● What to produce
Using "kind" as the search string, find the matching lines below and copy them.

◆ ◆ ◆ ◆ ◆

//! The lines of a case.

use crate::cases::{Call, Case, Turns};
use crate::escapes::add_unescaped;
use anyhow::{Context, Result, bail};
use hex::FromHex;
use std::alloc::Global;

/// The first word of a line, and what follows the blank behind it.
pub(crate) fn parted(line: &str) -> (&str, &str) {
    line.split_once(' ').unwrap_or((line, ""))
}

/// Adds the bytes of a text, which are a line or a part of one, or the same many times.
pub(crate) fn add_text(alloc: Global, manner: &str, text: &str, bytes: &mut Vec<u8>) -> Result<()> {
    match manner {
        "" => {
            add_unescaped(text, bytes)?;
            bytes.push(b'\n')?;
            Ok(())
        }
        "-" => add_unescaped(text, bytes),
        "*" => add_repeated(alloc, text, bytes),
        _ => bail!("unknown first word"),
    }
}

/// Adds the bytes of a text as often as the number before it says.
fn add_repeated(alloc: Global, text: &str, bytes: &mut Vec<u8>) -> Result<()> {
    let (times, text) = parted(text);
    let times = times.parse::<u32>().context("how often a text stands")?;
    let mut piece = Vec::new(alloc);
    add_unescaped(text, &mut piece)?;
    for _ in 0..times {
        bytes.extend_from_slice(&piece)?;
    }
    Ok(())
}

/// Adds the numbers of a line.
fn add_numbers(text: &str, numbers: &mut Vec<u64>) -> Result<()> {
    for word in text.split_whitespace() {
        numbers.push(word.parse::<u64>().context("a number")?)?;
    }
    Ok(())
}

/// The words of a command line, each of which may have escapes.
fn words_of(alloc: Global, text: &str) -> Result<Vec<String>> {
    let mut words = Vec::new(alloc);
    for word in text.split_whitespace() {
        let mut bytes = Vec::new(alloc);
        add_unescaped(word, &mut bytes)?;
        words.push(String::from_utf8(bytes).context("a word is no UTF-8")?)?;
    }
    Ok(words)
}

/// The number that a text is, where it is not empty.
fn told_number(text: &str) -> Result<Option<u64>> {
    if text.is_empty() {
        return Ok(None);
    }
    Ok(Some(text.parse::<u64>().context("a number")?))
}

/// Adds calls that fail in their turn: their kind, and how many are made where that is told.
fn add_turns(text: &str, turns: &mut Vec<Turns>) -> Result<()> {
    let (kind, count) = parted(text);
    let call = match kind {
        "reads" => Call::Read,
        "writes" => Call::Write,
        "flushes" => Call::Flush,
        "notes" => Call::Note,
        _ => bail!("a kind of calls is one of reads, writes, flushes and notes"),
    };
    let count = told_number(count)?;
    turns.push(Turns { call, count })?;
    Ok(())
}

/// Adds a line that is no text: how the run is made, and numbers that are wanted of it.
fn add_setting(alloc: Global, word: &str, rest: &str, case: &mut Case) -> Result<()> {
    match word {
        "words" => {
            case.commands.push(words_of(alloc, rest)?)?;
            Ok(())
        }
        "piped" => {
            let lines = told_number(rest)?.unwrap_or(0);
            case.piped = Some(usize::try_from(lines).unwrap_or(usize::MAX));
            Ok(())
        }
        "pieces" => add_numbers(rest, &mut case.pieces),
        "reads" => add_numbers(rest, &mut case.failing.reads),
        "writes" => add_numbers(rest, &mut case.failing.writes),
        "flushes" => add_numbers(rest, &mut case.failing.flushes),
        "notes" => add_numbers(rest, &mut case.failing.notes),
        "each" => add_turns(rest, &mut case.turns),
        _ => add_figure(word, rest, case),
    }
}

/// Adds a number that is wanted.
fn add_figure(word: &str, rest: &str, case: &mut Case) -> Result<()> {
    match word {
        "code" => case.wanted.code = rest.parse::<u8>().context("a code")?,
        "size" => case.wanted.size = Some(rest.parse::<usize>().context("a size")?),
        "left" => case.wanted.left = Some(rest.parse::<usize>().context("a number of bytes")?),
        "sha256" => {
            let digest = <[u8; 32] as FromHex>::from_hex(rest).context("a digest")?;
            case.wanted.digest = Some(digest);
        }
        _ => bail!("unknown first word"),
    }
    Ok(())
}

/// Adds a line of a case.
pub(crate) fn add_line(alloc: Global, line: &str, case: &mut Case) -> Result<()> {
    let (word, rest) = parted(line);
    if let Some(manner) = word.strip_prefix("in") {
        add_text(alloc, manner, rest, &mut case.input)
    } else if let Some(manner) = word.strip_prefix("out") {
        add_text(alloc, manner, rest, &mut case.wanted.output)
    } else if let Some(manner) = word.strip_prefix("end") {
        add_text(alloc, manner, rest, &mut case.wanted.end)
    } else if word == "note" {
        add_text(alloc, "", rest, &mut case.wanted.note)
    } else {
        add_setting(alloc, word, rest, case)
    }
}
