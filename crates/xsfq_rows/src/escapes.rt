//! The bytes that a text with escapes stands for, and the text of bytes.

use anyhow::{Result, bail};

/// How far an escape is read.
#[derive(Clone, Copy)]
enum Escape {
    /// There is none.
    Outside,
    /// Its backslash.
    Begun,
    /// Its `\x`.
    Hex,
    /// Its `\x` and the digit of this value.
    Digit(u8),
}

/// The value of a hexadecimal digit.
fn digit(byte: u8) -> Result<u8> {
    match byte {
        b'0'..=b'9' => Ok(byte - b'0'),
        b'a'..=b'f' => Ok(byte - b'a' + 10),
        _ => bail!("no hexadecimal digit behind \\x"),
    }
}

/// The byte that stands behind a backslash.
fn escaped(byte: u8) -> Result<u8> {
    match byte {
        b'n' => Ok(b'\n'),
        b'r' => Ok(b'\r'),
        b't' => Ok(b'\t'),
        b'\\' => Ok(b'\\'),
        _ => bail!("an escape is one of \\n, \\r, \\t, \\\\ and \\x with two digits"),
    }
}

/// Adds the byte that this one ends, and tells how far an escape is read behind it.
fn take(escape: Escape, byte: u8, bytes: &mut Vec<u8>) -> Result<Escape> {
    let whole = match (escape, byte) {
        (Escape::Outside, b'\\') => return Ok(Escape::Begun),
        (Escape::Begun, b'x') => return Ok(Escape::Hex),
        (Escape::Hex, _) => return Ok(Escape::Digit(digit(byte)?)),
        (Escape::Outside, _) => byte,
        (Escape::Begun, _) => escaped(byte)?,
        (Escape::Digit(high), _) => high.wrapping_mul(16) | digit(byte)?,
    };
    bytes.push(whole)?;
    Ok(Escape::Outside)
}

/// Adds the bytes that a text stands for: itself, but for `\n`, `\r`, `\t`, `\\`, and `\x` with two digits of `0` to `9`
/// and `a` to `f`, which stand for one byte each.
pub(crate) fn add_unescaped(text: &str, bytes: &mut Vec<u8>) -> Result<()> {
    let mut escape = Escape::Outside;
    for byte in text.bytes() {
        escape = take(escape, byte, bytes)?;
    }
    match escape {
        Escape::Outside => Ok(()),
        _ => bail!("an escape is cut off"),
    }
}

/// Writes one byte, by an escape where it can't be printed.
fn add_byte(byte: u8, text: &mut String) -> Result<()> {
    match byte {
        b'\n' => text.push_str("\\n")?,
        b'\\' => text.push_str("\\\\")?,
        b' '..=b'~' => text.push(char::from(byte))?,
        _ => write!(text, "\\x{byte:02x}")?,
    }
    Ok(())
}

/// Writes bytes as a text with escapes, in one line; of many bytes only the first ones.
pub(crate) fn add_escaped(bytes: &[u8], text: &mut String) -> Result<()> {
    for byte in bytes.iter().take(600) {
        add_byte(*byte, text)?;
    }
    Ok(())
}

◆ ◆ ◆ ◆ ◆

● Your solution
/// Adds calls that fail in their turn: their kind, and how many are made where that is told.
    let (kind, count) = parted(text);
    let call = match kind {
        _ => bail!("a kind of calls is one of reads, writes, flushes and notes"),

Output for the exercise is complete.